Have these actual ESOPs lived up to the great expectations the Kelsos attach to them? The second book listed above attempts to address this issue, but suffers from having been written by a gaggle of academic grant-gobblers, who’ve done their best to make the ESOPs sound as boring as possible.
The case studies of “Taking Stock” create more questions than they answer, especially at a time when so many companies are restructuring, splitting their stock, and/or going bankrupt. Haven’t we already become a nation of shareholders, with more people owning stocks than ever before? What good has it done for the economy? What difference could it make whether 30,000 Ford employees or 30 Ford relatives own that company, unless the 30,000 spend more money at Sears than the 30 would have spent at Tiffany’s? And if all these new owners spend their dividends, etc., aren’t they diminishing their wealth? Won’t that start the whole morbid process all over again? Under the guise of employee ownership, haven’t we seen too many recent examples of companies trying to substitute worthless paper for wages, in a sort of cynical ESOPian let-them-eat-stock?
Moreover, does it really help corporate output, as ESOPians contend, if employees have a stake in things? If labor is worthless in the first place, then who cares? A friend of mine who works in an ESOP shop tells me the only obvious change is that workers who used to stare at the ceiling now call their brokers several times a day to find out what their shares are worth.
The third book listed above is a grim reminder of what the ESOPs are up against. “Who Owns the Corporation?” is not a book, really, but a sort of term paper sponsored by the Twentieth-Century Fund. The author, Edward Jay Epstein, once famous for doubting in print that a lone assassin killed President Kennedy, here argues that shareholder democracy is also a myth. Against the cheery assumption that broad-based corporate ownership leads to something good, Epstein shows how it may create the entrenched, self-serving, and unresponsive managements we often see today. He describes how one-share, one-vote is a fiction, how managers once beholden to powerful family interests now operate companies more or less by and for themselves. Unless something is done about this, Epstein predicts the corporate bureaucrats will move us closer and closer to a dreaded form of socialism the Kelsos would oppose, and nothing like the great Golconda of ESOPs.

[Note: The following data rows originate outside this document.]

// Reads a stream from a file or from standard input, from the power-on record, and says of each part of it what it did: a line for
// each frame, for each run of text bytes or of skipped ones, and for the tail; the last line sums up. A line has the place of the
// part's first byte, what it is, its bytes, and what it did and changed:
//
//   ./run explain examples/meter.stream
//
// Bytes are shown as they are from 0x20 to 0x7E, and any other as <0D>; so is '<'. Of more than 250 the first 40 are shown, and two
// dots. Text rows, columns and places are counted from 0. Line ends alone have no line, unless --all is given.
//
// With --sister the handset is the one of AN1900: of a command of her own all fields that it changed are told, by what is kept (mode 5
// for IDM2), and a frame that her record's state refuses is counted apart.
//
// The stream may have any length: what is held of it is a window, and of a part that has not ended by the window's end no more than
// the window's first bytes are kept, which are enough to tell what it does. Only text and obeyed frames change anything, so no other
// part is fed to the handset, and its record never has an open frame.
#![tactic(auto)]

mod commands;
mod doings;
mod fields;
mod part_line;
mod tally;
mod telling;
mod text;
mod words;

ghost use Rattle.std.specs.Prelude.{◌<◌, ◌≤◌, IfSome, IsSome, length};

use doings::Handset;
use parts::{Kind, PartAt, part_at};
use program::{Host, Input};
use record::Record;
use tally::{NOTHING_COUNTED, Tally, say_tally};
use telling::{has_others, tell_front};

// The program's name, for complaints.
const NAME: &[u8] = b"explain";

// Of a part that has not ended by the window's end so many bytes are kept: an ESC and one byte more than a frame may have, so that it
// is still overlong, and more than any row takes.
const KEPT: usize = 252;

// Parts.

// Text bytes that follow each other, or skipped ones.
#[derive(Clone, Copy, PartialEq, Eq)]
enum Run {
    Text,
    Skipped,
}

// Which run a part belongs to; a frame belongs to none.
fn run_of(kind: Kind) -> Option<Run> {
    match kind {
        Kind::Text => Some(Run::Text),
        Kind::Skipped => Some(Run::Skipped),
        _ => None,
    }
}

// Where the bytes of a run end that begins before this place.
fn run_end(window: &[u8], from: usize, run: Run) -> usize
    requires { from ≤ length window.now }
    ensures { (from ≤ result) × (result ≤ length window.now) }
{
    (from..window.len())
        .find(|&i| part_at(window, i).and_then(|part| run_of(part.kind)) != Some(run))
        .unwrap_or(window.len())
}

// What stands at a place, where a run is one thing. Its body is what is shown.
fn front_at(window: &[u8], at: usize) -> Option<PartAt>
    ensures within { IfSome result (λ front. (at < front.end) × (front.end ≤ length window.now) × (front.body ≤ front.body_end) × (front.body_end ≤ front.end)) }
    ensures there { at < length window.now → IsSome result }
{
    let part = part_at(window, at)?;
    let Some(run) = run_of(part.kind) else {
        return Some(part);
    };
    let end = run_end(window, part.end, run);
    Some(PartAt {
        end,
        body: at,
        body_end: end,
        ..part
    })
}

// Whether bytes that are still to come may belong to a part of a window of this length.
fn may_go_on(part: PartAt, length: usize, ended: bool) -> bool {
    !ended && part.end == length && !matches!(part.kind, Kind::Closed)
}

// The window.

// Of a part that has not ended no more is kept than is needed; the rest is counted.
fn count_rest(tally: Tally, held: &[u8]) -> Tally {
    let Some(rest) = held.get(KEPT..) else {
        return tally;
    };
    Tally {
        dropped: tally.dropped.wrapping_add(rest.len() as u64),
        others: tally.others || has_others(rest),
        ..tally
    }
}

// Tells all parts that have ended by the window's end, and where the stream has ended too what has not. Says how many bytes these have.
fn tell_window(
    host: &Host,
    handset: &mut Handset,
    tally: &mut Tally,
    window: &[u8],
    ended: bool,
    all: bool,
) -> usize
    ensures { result ≤ length window.now }
{
    let mut at = 0;
    while let Some(front) = front_at(window, at) {
        if may_go_on(front, window.len(), ended) {
            break;
        }
        *tally = tell_front(host, handset, *tally, window, at, front, all);
        at = front.end;
    }
    *tally = count_rest(*tally, &window[at..]);
    at
}

// The bytes of the window from one place up to another move to its front, as far as they are kept; how many these are.
fn keep(window: &mut [u8], from: usize, to: usize) -> usize
    requires { (from ≤ to) × (to ≤ length window.old) }
    ensures { result ≤ 252 }
{
    let kept = KEPT.min(to - from);
    window.copy_within(from..from + kept, 0);
    kept
}

// What there is before the first part.
fn power_on(sister: bool) -> Handset {
    let record = if sister {
        Record::sister_power_on()
    } else {
        Record::power_on()
    };
    // By variables: an array that is moved from field to field is not proved yet.
    let text = record.text;
    let picture = record.picture;
    Handset {
        small: record::small_of(record),
        text,
        picture,
    }
}

// Of an input that fails nothing is summed up: what came before is not the stream. Nothing says that the input ends, so its pieces are
// counted.
fn explain(host: &Host, input: &mut Input, all: bool, sister: bool) {
    let mut handset = power_on(sister);
    let mut tally = NOTHING_COUNTED;
    let mut window = [0u8; 4096];
    let mut held = 0;
    for _ in 0..u64::MAX {
        let Ok(n) = program::read_piece(host, NAME, input, &mut window[held..]) else {
            return;
        };
        let end = held + n;
        let ended = n == 0;
        let told = tell_window(host, &mut handset, &mut tally, &window[..end], ended, all);
        if ended {
            break;
        }
        held = keep(&mut window, told, end);
    }
    say_tally(host, &tally, sister);
}

fn main(rt: HostRuntime) {
    let host = Host::new(rt);
    let accepted = program::accepts(
        &host,
        NAME,
        b"usage: ./run explain [--all] [--sister] [FILE]\n\
        Reads a stream from FILE, or from standard input without one, and says of each part what it did.\n\
        --all gives line ends outside of frames a line too; --sister reads as the sister handset does.\n",
        b"--all\n--sister\n",
        true,
    );
    if !accepted {
        return;
    }
    let Some(mut input) = program::open_input(&host, NAME) else {
        return;
    };
    let all = program::is_given(&host, b"--all\n");
    let sister = program::is_given(&host, b"--sister\n");
    explain(&host, &mut input, all, sister);
}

But give the Kelsos a break. There’s hasn’t been enough sharing of the wealth to have made much difference yet. They aren’t looking for this to end at 8,000 companies but at hundreds of thousands. They see an entire nation not of laborers but of investors, living off capital, sharing in the spoils of technology, playing golf, taking long vacations, waiting by the mailbox for dividend checks, getting and spending with glee. I don’t know if it will ever happen, but I hope it does, and the Kelsos’ argument deserves a full and careful hearing. It’s a lot more realistic than trying to out-sweat the Koreans or outwork the Japanese. Putting it another way: “If you can’t fight ‘em, then own a share of ‘em.”